A relative disadvantage of light seals is their price, which significantly exceeds the cost of the previously listed materials.
Composite fillings
The material used includes plastics and inorganic fillers. This combination in the composition allows you to achieve good ductility and adhesion, expand the color range and enhance the strength characteristics of the material. It is customary to distinguish several main types of composite fillings:
Light-curing
An ultraviolet dental lamp is used to harden the material.
Chemically curable
The material contains porcelain, which extends the life of the filling and increases its strength. Composites of this type are characterized by uniform hardening and good adhesion to tooth tissues.
Gutta-percha
A material used exclusively for filling the roots of teeth. Gutta-percha is characterized by increased strength, durability, lack of shrinkage and abrasion.
Plastics and composites
An extensive group that includes:
- Acrylic-containing plastics. They are resistant to abrasion, but at the same time porous and quite toxic, so they have been used less and less in recent years.
- Composites with epoxy resins (chemically cured). Slightly better than plastic, but quite fragile and darken a few years after installation.
- Light-curing composites (photopolymers). Strong, reliable and durable. They polymerize and harden under the influence of ultraviolet radiation. The composition of a photopolymer tooth filling includes porcelain, which gives the material strength and aesthetics. The most popular option today.
Criteria for choosing a filling
When choosing a filling, you need to consider the following aspects:
- The degree of expected load;
- Size of the surface to be filled and general accessibility;
- Requirements for aesthetic appeal;
- Biological safety level;
- Process depth;
- Patient's age.
Light fillings are recognized as the most popular and have virtually no negative qualities. In terms of characteristics, only ceramic fillings can surpass them. It is worth considering that the latter are significantly more expensive than all other filling materials. Filling materials used for the treatment of baby teeth deserve special attention. Most often, cement fillings are used in this direction.

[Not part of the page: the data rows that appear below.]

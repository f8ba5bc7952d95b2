//! What is promised of the steps of an array whose media come back.

ghost use Rattle.std.specs.Prelude.{◌≡◌, ◌<◌, ℕ, Bool, false, IsTrue, List, Err, Result};
ghost use Rattle.stair_model.specs.Geometry.{Geometry, block_count};
ghost use Rattle.stair_rack.specs.Answers.{IsHistory};
ghost use Rattle.stair_rack.specs.History.{Happening};
ghost use Rattle.stair_rack.specs.declared.watcher.Event.{Event};
ghost use Rattle.stair_member.specs.Membership.{IsMembership};
ghost use Rattle.stair_state.specs.State.{State};
ghost use Rattle.stair_invariant.specs.Returning.{AnyReturns, StaysWithinTolerance, StaysWithinToleranceUnread};
ghost use Rattle.stair_array.specs.Machine.{Answer, EpochsSpent, ReadBlock, RebuildNext, Recover};
ghost use Rattle.stair_array.specs.Machine.{Refusal, ScrubStripe, SetFrozen, SetLabel, Step};
ghost use Rattle.stair_array.specs.Machine.{WriteBlocks};
ghost use Rattle.stair_array.specs.Promise.{IsInState, LeadsStep, Performs, Seen, is_open};

/// What every step of an array leads to, on an honest rack, whichever media come back meanwhile. It does nothing.
pub fn step_laws()
    // What is promised of a step is so of each, of an opening too: within tolerance it is one of the machine, refused or not, what a
    // crash leaves at a moment of it is what one within the step leaves, and it is done where it can be.
    ensures every { (step : Step) (answer : Answer step) (events : List Event) (x y : Seen)
        (p : Performs step answer events x y) → (step ≡ Recover → IsMembership p.was.member) →
        LeadsStep AnyReturns p.was.member step answer x y }
{}

/// Why such a step is refused, on an honest rack that is in a state within tolerance. It does nothing.
pub fn refusal_laws()
    // No opening is refused, unless no epoch is left: enough slots are, and no body of a redo is lost.
    ensures recovers { (answer : Result Geometry Refusal) (events : List Event)
        (refusal : Refusal) (x y : Seen) (p : Performs Recover answer events x y) →
        IsMembership p.was.member → IsTrue y.told.honest → (before : List Happening)
        (s : State) → IsInState AnyReturns before s x →
        StaysWithinTolerance AnyReturns s.geometry (is_open x.session) before y.told.history →
        StaysWithinToleranceUnread AnyReturns s.geometry (is_open x.session) before y.told.history →
        answer ≡ Err refusal → refusal ≡ EpochsSpent }
    // No block of the array is refused to a read, unless no epoch is left,
    ensures reads { (b : ℕ) (answer : Answer (ReadBlock b)) (events : List Event)
        (refusal : Refusal) (x y : Seen) (p : Performs (ReadBlock b) answer events x y) →
        IsTrue y.told.honest → IsHistory x.told.history → (before : List Happening) (s : State) →
        IsInState AnyReturns before s x →
        StaysWithinTolerance AnyReturns s.geometry (is_open x.session) before y.told.history →
        b < block_count s.geometry → answer ≡ Err refusal → refusal ≡ EpochsSpent }
    // none of an array that isn't frozen to a write,
    ensures writes { (first : ℕ) (contents : List (List ℕ))
        (answer : Answer (WriteBlocks first contents)) (events : List Event) (refusal : Refusal)
        (x y : Seen) (p : Performs (WriteBlocks first contents) answer events x y) →
        IsTrue y.told.honest → IsHistory x.told.history → (before : List Happening) (s : State) →
        IsInState AnyReturns before s x →
        StaysWithinTolerance AnyReturns s.geometry (is_open x.session) before y.told.history →
        first < block_count s.geometry → s.content.frozen ≡ false → answer ≡ Err refusal →
        refusal ≡ EpochsSpent }
    // no stripe to a scrub,
    ensures scrubs { (t : ℕ) (answer : Answer (ScrubStripe t)) (events : List Event)
        (refusal : Refusal) (x y : Seen) (p : Performs (ScrubStripe t) answer events x y) →
        IsTrue y.told.honest → IsHistory x.told.history → (before : List Happening) (s : State) →
        IsInState AnyReturns before s x →
        StaysWithinTolerance AnyReturns s.geometry (is_open x.session) before y.told.history →
        t < s.geometry.stripes → answer ≡ Err refusal → refusal ≡ EpochsSpent }
    // no step of a rebuild,
    ensures rebuilds { (answer : Answer RebuildNext) (events : List Event) (refusal : Refusal)
        (x y : Seen) (p : Performs RebuildNext answer events x y) →
        IsTrue y.told.honest → IsHistory x.told.history → (before : List Happening) (s : State) →
        IsInState AnyReturns before s x →
        StaysWithinTolerance AnyReturns s.geometry (is_open x.session) before y.told.history →
        answer ≡ Err refusal → refusal ≡ EpochsSpent }
    // and neither a frozen mark nor a label.
    ensures freezes { (frozen : Bool) (answer : Answer (SetFrozen frozen)) (events : List Event)
        (refusal : Refusal) (x y : Seen) (p : Performs (SetFrozen frozen) answer events x y) →
        IsTrue y.told.honest → IsHistory x.told.history → (before : List Happening) (s : State) →
        IsInState AnyReturns before s x →
        StaysWithinTolerance AnyReturns s.geometry (is_open x.session) before y.told.history →
        answer ≡ Err refusal → refusal ≡ EpochsSpent }
    ensures labels { (label : List ℕ) (answer : Answer (SetLabel label)) (events : List Event)
        (refusal : Refusal) (x y : Seen) (p : Performs (SetLabel label) answer events x y) →
        IsTrue y.told.honest → IsHistory x.told.history → (before : List Happening) (s : State) →
        IsInState AnyReturns before s x →
        StaysWithinTolerance AnyReturns s.geometry (is_open x.session) before y.told.history →
        answer ≡ Err refusal → refusal ≡ EpochsSpent }
{}
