//! What holds of a medium while it is in its slot, and wherever it lies later.

ghost use Rattle.std.specs.Prelude.{◌≡◌, ℕ, IsSome, List, Some, slice_get};
ghost use Rattle.stair_model.specs.Slots.{HasSlot, Slots};
ghost use Rattle.stair_rack.specs.Answers.{IsHistory, IsNoAttach, Ran, any_call};
ghost use Rattle.stair_rack.specs.Crash.{CrashMayLeave};
ghost use Rattle.stair_rack.specs.History.{Happening, slot_state};
ghost use Rattle.stair_rack.specs.Media.{Image, Medium};
ghost use Rattle.stair_rack.specs.Moments.{AtEveryMoment, IsMoment};
ghost use Rattle.stair_rack.specs.Offline.{IsAttached, WasPulled};
ghost use Rattle.stair_rack.specs.Placed.{IsSlot};
ghost use Rattle.stair_member.specs.Editions.{Edition};
ghost use Rattle.stair_member.specs.Epochs.{IsIssuing, Issued, WasGiven};
ghost use Rattle.stair_member.specs.Membership.{Membership};
ghost use Rattle.stair_member.specs.declared.aim.EpochChange.{EpochChange};
ghost use Rattle.stair_state.specs.Degraded.{AreDamagedCopies};
ghost use Rattle.stair_state.specs.Forms.{HasGate, RepresentsBy};
ghost use Rattle.stair_state.specs.Reassembly.{InSlot, Location, Outside};
ghost use Rattle.stair_state.specs.Redoing.{IsIn, IsLeftIn, IsRedoing, Placing, Redoing, Stage, new_in, old_in};
ghost use Rattle.stair_state.specs.Represents.{no_write};
ghost use Rattle.stair_reinsert.specs.Following.{AreOfNamed, HoldsNamed, Wherever, name_of};
ghost use Rattle.stair_reinsert.specs.Given.{HasCopy, HasGivenOrOwn, KnowsSuper};

/// Media and their names. It does nothing.
pub fn name_laws()
    // no two media of a slot have one name
    ensures apart { (h : List Happening) (j : ℕ) (p q : Location) →
        name_of h j p ≡ name_of h j q → p ≡ q }
    // a slot that wasn't pulled has the medium that it had
    ensures unpulled { (old new : List Happening) (j : ℕ) → Ran any_call old new →
        IsSome (slot_state old j).size → (¬ WasPulled old new j) →
        name_of new j InSlot ≡ name_of old j InSlot }
    // and so has one that is attached, where no call attached it meanwhile
    ensures attached { (old new : List Happening) (j : ℕ) → IsHistory old →
        Ran (IsNoAttach j) old new → IsAttached new j →
        (¬ WasPulled old new j) × (name_of new j InSlot ≡ name_of old j InSlot) }
    // a medium that lay outside has what it had, or damage, wherever it lies then
    ensures outside { (old new : List Happening) (j i : ℕ) (medium : Medium) → IsHistory old →
        Ran (IsNoAttach j) old new → slice_get (slot_state old j).removed i ≡ Some medium →
        Wherever new j (name_of old j (Outside i)) (AreDamagedCopies medium.cell) }
    // and while a rack is only looked at so has every medium, attached anew or not
    ensures looked { (old new : List Happening) (j : ℕ) (name : Location) → IsHistory old →
        Ran no_write old new → Wherever new j name (AreOfNamed old j name) }
{}

/// What a session knows of media that were pulled. It does nothing.
pub fn wherever_laws()
    // Slot j wasn't pulled before the moment `from`, and from then on it is in a stage of a redo, but for the outside. So is
    // its medium, however media are put together then.
    ensures stage { (a : Redoing) (stage : Stage) (start from h : List Happening) (j : ℕ)
        (image to : Image) → IsSome (slot_state start j).size → IsMoment start from h → (¬ WasPulled start from j) → Ran (IsNoAttach j) start h →
        AtEveryMoment (IsIn a stage (IsSlot j) start) from h → CrashMayLeave h image →
        HoldsNamed h image to (name_of start j InSlot) j → IsLeftIn a stage (IsSlot j) to }
    // and slots whose media are in a stage have the stripes of the stage
    ensures stands { (a : Redoing) (stage : Stage) (some : Slots) (to : Image) → IsRedoing a →
        ((j : ℕ) → HasSlot some j → IsLeftIn a stage (IsSlot j) to) →
        ((stage ≡ Placing) → HasGate (HasSlot some) to) →
        RepresentsBy a.geometry (old_in a stage) (new_in a stage) (HasSlot some) to }
    // a medium has the draw that its slot was given, or that place of it was damaged since
    ensures given { (slots : Slots) (editions : List Edition) (draw epoch : ℕ)
        (old h : List Happening) (j : ℕ) → IsSome (slot_state old j).size →
        Ran (IsIssuing slots editions) old h → WasGiven slots editions draw epoch old h j →
        Wherever h j (name_of old j InSlot) (HasCopy editions draw epoch j) }
    // At each moment of a call that establishes an epoch the superblock of a medium is one that it was given in the call, or
    // the one that it had: it is never written over, so a superblock that it hides never counts again.
    ensures superblock { (aim : EpochChange) (gone : Slots) (m last : Membership)
        (old h new : List Happening) (issued : Issued aim gone m last old new) (j : ℕ) →
        IsMoment old h new → HasSlot issued.slots j → KnowsSuper m old j →
        Wherever h j (name_of old j InSlot)
        (HasGivenOrOwn issued.slots issued.editions old j) }
{}
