//! What becomes of an array whose media come back while an epoch is established, and once it stands.

ghost use Rattle.std.specs.Prelude.{◌≡◌, ◌≢◌, ◌<◌, ℕ, IsTrue, List, None, Some};
ghost use Rattle.stair_model.specs.Geometry.{Geometry};
ghost use Rattle.stair_model.specs.Slots.{HasSlot, Slots};
ghost use Rattle.stair_rack.specs.Answers.{IsHistory, Ran};
ghost use Rattle.stair_rack.specs.Crash.{CrashMayLeave, EachImage};
ghost use Rattle.stair_rack.specs.History.{Happening, stopped};
ghost use Rattle.stair_rack.specs.Media.{Image};
ghost use Rattle.stair_rack.specs.Moments.{IsMoment};
ghost use Rattle.stair_rack.specs.Offline.{IsAttached};
ghost use Rattle.stair_rack.specs.RackState.{RackState};
ghost use Rattle.stair_member.specs.Aims.{admitted};
ghost use Rattle.stair_member.specs.Epochs.{Issued};
ghost use Rattle.stair_member.specs.Establishing.{Establishes, Leaves};
ghost use Rattle.stair_member.specs.Membership.{IsHere, IsMembership, Membership};
ghost use Rattle.stair_member.specs.declared.aim.EpochChange.{EpochChange};
ghost use Rattle.stair_member.specs.declared.aim.EpochChange.TheVariants.{Fence, Promote};
ghost use Rattle.stair_state.specs.Blocks.{AreEncodingsOf, Codewords};
ghost use Rattle.stair_state.specs.Holding.{CurrentMedia, IsConsistentBy};
ghost use Rattle.stair_state.specs.State.{State, new_content};
ghost use Rattle.stair_state.specs.Tolerance.{IsTolerated};
ghost use Rattle.stair_invariant.specs.Returning.{CoversMedia, HasOwnNewest, IsKnownWherever, KnowsMedia, current_media_of};
ghost use Rattle.stair_invariant.specs.Session.{ArrayState, IsOpenWith, seats_in};
ghost use Rattle.stair_reinsert.specs.Beginning.{AreCurrentMediaClosed, BeginsWherever, IsBesideMember, SaysContent, StandsWherever};
ghost use Rattle.stair_reinsert.specs.Given.{KnowsSuper};

/// A call that establishes an epoch, on a rack that is consistent however its media lie. It does nothing.
pub fn epoch_laws()
    // At each moment of it, whatever comes back meanwhile and whatever it answers, each image that a crash may leave is consistent
    // by the same holders, since the same epoch.
    ensures keeps { (s : State) (current_media : CurrentMedia) (since : ℕ) (aim : EpochChange) (gone : Slots)
        (m last : Membership) (old h new : List Happening) (image : Image)
        (begins : BeginsWherever s current_media since aim m old) → Issued aim gone m last old new →
        IsMoment old h new → CrashMayLeave h image →
        IsConsistentBy s begins.is.encodings current_media since image }
    // Once its epoch stands each is so since that one, by the live slots of the member.
    ensures stands { (s : State) (current_media : CurrentMedia) (since : ℕ) (aim : EpochChange) (gone : Slots)
        (m last : Membership) (old new : List Happening) (image : Image)
        (begins : BeginsWherever s current_media since aim m old) →
        StandsWherever aim gone m last old new → CrashMayLeave new image →
        IsConsistentBy s begins.is.encodings (current_media_of last) last.array.epoch image }
    // Then no medium bears a later epoch, and the member knows all media.
    ensures covers { (s : State) (current_media : CurrentMedia) (since : ℕ) (aim : EpochChange) (gone : Slots)
        (m last : Membership) (old new : List Happening) →
        BeginsWherever s current_media since aim m old → StandsWherever aim gone m last old new →
        CoversMedia s.geometry last.array.epoch new }
    ensures knows { (s : State) (current_media : CurrentMedia) (since : ℕ) (aim : EpochChange) (gone : Slots)
        (m last : Membership) (old new : List Happening) →
        BeginsWherever s current_media since aim m old → StandsWherever aim gone m last old new →
        EachImage (IsKnownWherever None last (IsAttached new)) new }
    // Within tolerance, where the gates of holders read closed, a session knows of all media what it is to know then.
    ensures goes_on { (s : State) (current_media : CurrentMedia) (since : ℕ) (aim : EpochChange) (gone : Slots)
        (m last : Membership) (before old new : List Happening) →
        BeginsWherever s current_media since aim m old → StandsWherever aim gone m last old new →
        AreCurrentMediaClosed s.geometry current_media m old → IsTolerated s.geometry before new →
        KnowsMedia (record s { seats = Some (seats_in last.array) }) last new }
    // Each slot that takes part and is attached has its own superblock, and nothing in its next place ties with that.
    ensures own { (s : State) (current_media : CurrentMedia) (since : ℕ) (aim : EpochChange) (gone : Slots)
        (m last : Membership) (old new : List Happening) (j : ℕ) →
        BeginsWherever s current_media since aim m old → StandsWherever aim gone m last old new →
        ¬ IsTrue (stopped new) → IsHere last j → IsAttached new j → HasOwnNewest last new j }
    // So stands an epoch that was established on an honest rack.
    ensures established { (aim : EpochChange) (m last : Membership) (old new : RackState)
        (establishes : Establishes aim m last None old new) → IsTrue new.honest →
        ((slot : ℕ) → aim ≡ Promote slot → IsHere m slot) →
        StandsWherever aim establishes.gone m last old.history new.history }
{}

/// What a session has when it establishes an epoch that neither admits nor promotes. It does nothing.
pub fn begin_laws()
    // what a slot's own superblock tells of what lies in its places, where the next one holds none but it that isn't older
    ensures own { (m : Membership) (h : List Happening) (j : ℕ) → IsHistory h →
        IsMembership m → IsHere m j → IsAttached h j → HasOwnNewest m h j → KnowsSuper m h j }
    // Between calls, within tolerance, where it knows of all media what it is to know, it has what such a call begins with.
    ensures begins { (s : State) (aim : EpochChange) (before : List Happening) (a : ArrayState)
        (words : Codewords) (h : List Happening) → IsHistory h → IsOpenWith before a words h →
        a.member.array.geometry ≡ s.geometry →
        AreEncodingsOf s.geometry s.content.blocks words →
        (new_content s).blocks ≡ s.content.blocks → admitted aim ≡ None →
        ((j : ℕ) → aim ≢ Promote j) → KnowsMedia s a.member h → IsTolerated s.geometry before h →
        SaysContent s aim a.member →
        BeginsWherever s (current_media_of a.member) a.member.array.epoch aim a.member h }
    // and the gates of holders read closed then.
    ensures closes { (s : State) (before : List Happening) (a : ArrayState) (words : Codewords)
        (h : List Happening) → IsHistory h → IsOpenWith before a words h →
        a.member.array.geometry ≡ s.geometry →
        AreEncodingsOf s.geometry s.content.blocks words →
        (new_content s).blocks ≡ s.content.blocks → KnowsMedia s a.member h →
        IsTolerated s.geometry before h →
        AreCurrentMediaClosed s.geometry (current_media_of a.member) a.member h }
    // A fence by the member that some slots left begins so where one by the member that it was does.
    ensures leaves { (s : State) (current_media : CurrentMedia) (since : ℕ) (leaving : Slots)
        (m start : Membership) (h : List Happening) → BeginsWherever s current_media since Fence m h →
        Leaves leaving m start → ((j : ℕ) → HasSlot leaving j → j < m.array.geometry.n) →
        BeginsWherever s current_media since Fence start h }
    ensures leaves_closed { (g : Geometry) (current_media : CurrentMedia) (leaving : Slots)
        (m start : Membership) (h : List Happening) → AreCurrentMediaClosed g current_media m h →
        Leaves leaving m start → AreCurrentMediaClosed g current_media start h }
    // What it knows of all media it knows still after calls that write nothing and attach no slot that takes part, whatever comes
    // back meanwhile, if that is within tolerance.
    ensures looked { (s : State) (m : Membership) (before old new : List Happening) →
        IsHistory old → m.array.geometry ≡ s.geometry → IsMembership m →
        Ran (IsBesideMember m) old new →
        KnowsMedia s m old → IsTolerated s.geometry before new →
        s.seats ≡ Some (seats_in m.array) → KnowsMedia s m new }
{}
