//! Arrays whose media come back: which medium lies where, what holds of one wherever it lies, why a stale one is never taken for
//! live, and what an opening asks of the outside. Its functions are laws, and do nothing.
#![tactic(auto)]

pub mod chunks;
pub mod current_media;
pub mod epochs;
pub mod following;
pub mod openings;
pub mod stale;
pub mod steps;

This choice is due to the fact that baby teeth are subject to replacement and, as a rule, deep caries is not typical for them. Accordingly, the main negative properties of cement fillings are not important for them. Any questions you may have can be discussed with your doctor. He will also determine which material is more appropriate to use in this case.
Cost of treatment
The price consists of various factors. First of all, of course, these are the materials used. For example, ceramic will be the most expensive, and regular cement will be one of the budget options. The cost also includes the use of additional tools and equipment, the experience and qualifications of the doctor, the size of the affected area and the need for additional manipulations.
To make treatment more affordable and effective, it is better to contact a dentist when the first unpleasant symptoms appear: pain, high sensitivity, the appearance of blood, change in enamel color. It is important to undergo a preventive examination every six months.